Su pudor le impedía aparecer de sorpresa o molestar con un llamado. Creyó que una misiva firmada por él bastaría para concientizar a varias personas con poder y que acudirían a rescatar a la institución que era líder en cirugía cardiovascular y en trasplantes de todo tipo. O que su firma, al menos, ameritaría una respuesta. Nadie contestó. Ninguna fue respondida.

Eran tiempos demasiado rápidos y poco comprometidos para una carta. Eran comunicaciones fáciles de ignorar, de perder en una instancia previa, de desconocer su recibo.

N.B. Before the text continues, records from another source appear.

//! The answer to the words, whole before anything is written.
ghost use Rattle.std.specs.Prelude.{◌≡◌, ℕ, ◌≤◌, map, string_bytes, IfOk, IsErrOf};
ghost use Rattle.rg_ports.specs.Count.{HasRisen};
ghost use Rattle.rg_lts.specs.WellFormed.{IsWellFormed};
ghost use Rattle.rg_commands.specs.Requests.{named, named_work, second_file, HasBounds, HasWorkBounds};
ghost use Rattle.rg_top.specs.Ends.{EndsOn, FileEnds, EndsOf, Answers};
ghost use Rattle.rg_top.specs.Requests.{end_of, asked_more, ReadsMore, AsksOf, HasCause, ReadsOf, IsOfFile};
ghost use Rattle.rg_top.specs.Run.{AsksAtMost, AsksFiles, ReadsAtMost, ReadsFiles, IsReadFault};
ghost use Rattle.rg_top.specs.declared.answer.Stop.TheVariants as stop;

use crate::checking::verdict_answer;
use crate::comparing::comparison_answer;
use crate::converting::conversion_answer;
use crate::examining::report_answer;
use crate::factoring::factor_answer;
use crate::files::{FileStop, read_system};
use crate::generating::generated_answer;
use crate::splitting::split_answer;
use crate::synthesizing::net_answer;
use crate::testing::self_test_answer;
use crate::verifying::judgement_answer;
use rg_commands::{Form, Request, Usage, WordsStop, Work, read_words};
use rg_lts::Lts;
use rg_memory::NoMemory;
use rg_messages::{FileFault, WideCause};
use rg_ports::{Gate, Shelf};
use std::alloc::Global;
use std::thread::Threads;

// How a command ends: its yes or its no, with the text for out; why the words or a file are refused; or the number
// that is out of range.
#[derive(Drop)]
pub(crate) enum Answer {
    Yes(Vec<u8>),
    No(Vec<u8>),
    Usage(Usage),
    File(FileFault),
    TooWide(WideCause),
}

// Why there is no answer.
pub(crate) enum Stop {
    ReadFault,
    NoMemory,
}

impl From<NoMemory> for Stop {
    ghost from_gives = { λ _ e. e ≡ stop.NoMemory };

    fn from(_: NoMemory) -> Stop {
        Stop::NoMemory
    }
}

// Returns the answer to the words.
pub(crate) fn make_answer<R: Threads + Sync, H: Shelf, G: Gate + Sync>(
    rt: &R,
    alloc: Global,
    words: &[String],
    shelf: &mut H,
    gate: &G,
) -> Result<Answer, Stop>
    ensures files { H.files shelf.new ≡ H.files shelf.old }
    ensures asked { AsksAtMost (map string_bytes words.now) (H.files shelf.old) (H.asked shelf.old) (H.asked shelf.new) }
    ensures reads { ReadsAtMost H.finds H.hands (map string_bytes words.now) (H.files shelf.old) (HasCause result) shelf.old shelf.new }
    ensures says { IfOk result (λ a. Answers (map string_bytes words.now) (H.files shelf.old) (end_of a)) }
    ensures fault { IsErrOf result stop.ReadFault → IsReadFault (map string_bytes words.now) (record { before = H.faults shelf.old; after = H.faults shelf.new }) }
{
    match read_words(alloc, words) {
        Ok(request) => request_answer(rt, alloc, request, shelf, gate),
        Err(WordsStop::Refused(usage)) => Ok(Answer::Usage(usage)),
        Err(WordsStop::NoMemory) => Err(Stop::NoMemory),
    }
}

// The answer to a request.
fn request_answer<R: Threads + Sync, H: Shelf, G: Gate + Sync>(
    rt: &R,
    alloc: Global,
    request: Request<&str>,
    shelf: &mut H,
    gate: &G,
) -> Result<Answer, Stop>
    requires { HasBounds (named request) }
    ensures files { H.files shelf.new ≡ H.files shelf.old }
    ensures asked { AsksOf (H.files shelf.old) (named request.entry) (H.asked shelf.old) (H.asked shelf.new) }
    ensures reads { ReadsOf H.finds H.hands (H.files shelf.old) (named request.entry) (HasCause result) shelf.old shelf.new }
    ensures ok { IfOk result (λ a. EndsOf (H.files shelf.old) (named request.entry) (end_of a)) }
    ensures fault { IsErrOf result stop.ReadFault → IsOfFile (named request.entry) × HasRisen (H.faults shelf.old) (H.faults shelf.new) }
{
    match request {
        Request::OfSystem(work, file, form) => {
            file_answer(rt, alloc, work, file, form, shelf, gate)
        }
        Request::Generate(kind, n) => Ok(generated_answer(alloc, kind, n)?),
        Request::SelfTest(n) => Ok(self_test_answer(rt, alloc, n, gate)?),
    }
}

// The answer to work on the system of a file.
fn file_answer<R: Threads + Sync, H: Shelf, G: Gate + Sync>(
    rt: &R,
    alloc: Global,
    work: Work<&str>,
    file: &str,
    form: Form,
    shelf: &mut H,
    gate: &G,
) -> Result<Answer, Stop>
    requires { HasWorkBounds (named_work work) }
    ensures files { H.files shelf.new ≡ H.files shelf.old }
    ensures asked { AsksFiles (H.files shelf.old) (named_work work.entry) file.now form (H.asked shelf.old) (H.asked shelf.new) }
    ensures reads { ReadsFiles H.finds H.hands (H.files shelf.old) (named_work work.entry) file.now form (HasCause result) shelf.old shelf.new }
    ensures ok { IfOk result (λ a. FileEnds (H.files shelf.old) (named_work work.entry) file.now form (end_of a)) }
    ensures fault { IsErrOf result stop.ReadFault → HasRisen (H.faults shelf.old) (H.faults shelf.new) }
{
    match read_system(alloc, shelf, file, form) {
        Ok(lts) => system_answer(rt, alloc, work, &lts, shelf, gate),
        Err(FileStop::Refused(fault)) => Ok(Answer::File(FileFault { file: 1, fault })),
        Err(FileStop::Failed) => Err(Stop::ReadFault),
        Err(FileStop::NoMemory) => Err(Stop::NoMemory),
    }
}

// The answer to a system of which something is asked.
fn system_answer<R: Threads + Sync, H: Shelf, G: Gate + Sync>(
    rt: &R,
    alloc: Global,
    work: Work<&str>,
    lts: &Lts,
    shelf: &mut H,
    gate: &G,
) -> Result<Answer, Stop>
    requires { HasWorkBounds (named_work work) }
    ensures formed { IsWellFormed lts.now }
    ensures files { H.files shelf.new ≡ H.files shelf.old }
    ensures asked { H.asked shelf.new ≡ asked_more (H.asked shelf.old) (second_file (named_work work.entry)) }
    ensures reads { ReadsMore H.finds H.hands (second_file (named_work work.entry)) shelf.old shelf.new }
    ensures ok { IfOk result (λ a. EndsOn (H.files shelf.old) (named_work work.entry) lts.now (end_of a)) }
    ensures never_falls { H.faults shelf.old ≤ H.faults shelf.new }
    ensures fault { IsErrOf result stop.ReadFault → HasRisen (H.faults shelf.old) (H.faults shelf.new) }
{
    lts.is_well_formed();
    match work {
        Work::Synthesize(class, jobs) => Ok(net_answer(rt, alloc, class, lts, jobs, gate)?),
        Work::Verify(cert) => judgement_answer(alloc, lts, cert, shelf),
        Work::Check(class, net) => verdict_answer(alloc, lts, class, net, shelf),
        Work::Convert(target) => Ok(conversion_answer(alloc, lts, target)?),
        Work::Factor(class, jobs) => Ok(factor_answer(rt, alloc, class, lts, jobs, gate)?),
        Work::Split(output, jobs) => Ok(split_answer(rt, alloc, output, lts, jobs, gate)?),
        Work::Isomorphic(second, form) => comparison_answer(alloc, lts, second, form, shelf),
        Work::Examine(output) => Ok(report_answer(alloc, lts, output)?),
    }
}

Una de esas cartas la envió a Claudio Escribano, jefe de redacción de La Nación y viejo amigo. Allí en dos líneas crueles e impactantes resumió esos últimos meses de su vida. “En este último tiempo me he transformado en un mendigo. Mi tarea es llamar, llamar y golpear puertas para recaudar algún dinero que nos permita seguir con nuestra tarea”. La primera frase de la carta no dejaba dudas, no ofrecía misterio sobre su situación: “Estoy pasando uno de los momentos más difíciles de mi vida”.

Otra de esas cartas en las que pedía auxilio económico, tal vez la más célebre, se la envió al presidente Fernando de la Rúa. Allí explicaba el estado de situación. Empezaba: “Estimado Fernando: te escribo estas líneas porque nuestra fundación está al borde de la quiebra”. Decía que necesitaba 6 millones de dólares para salir del atolladero. Según el secretario de presidencia, De la Rúa leyó la carta recién el mismo sábado del suicidio del doctor.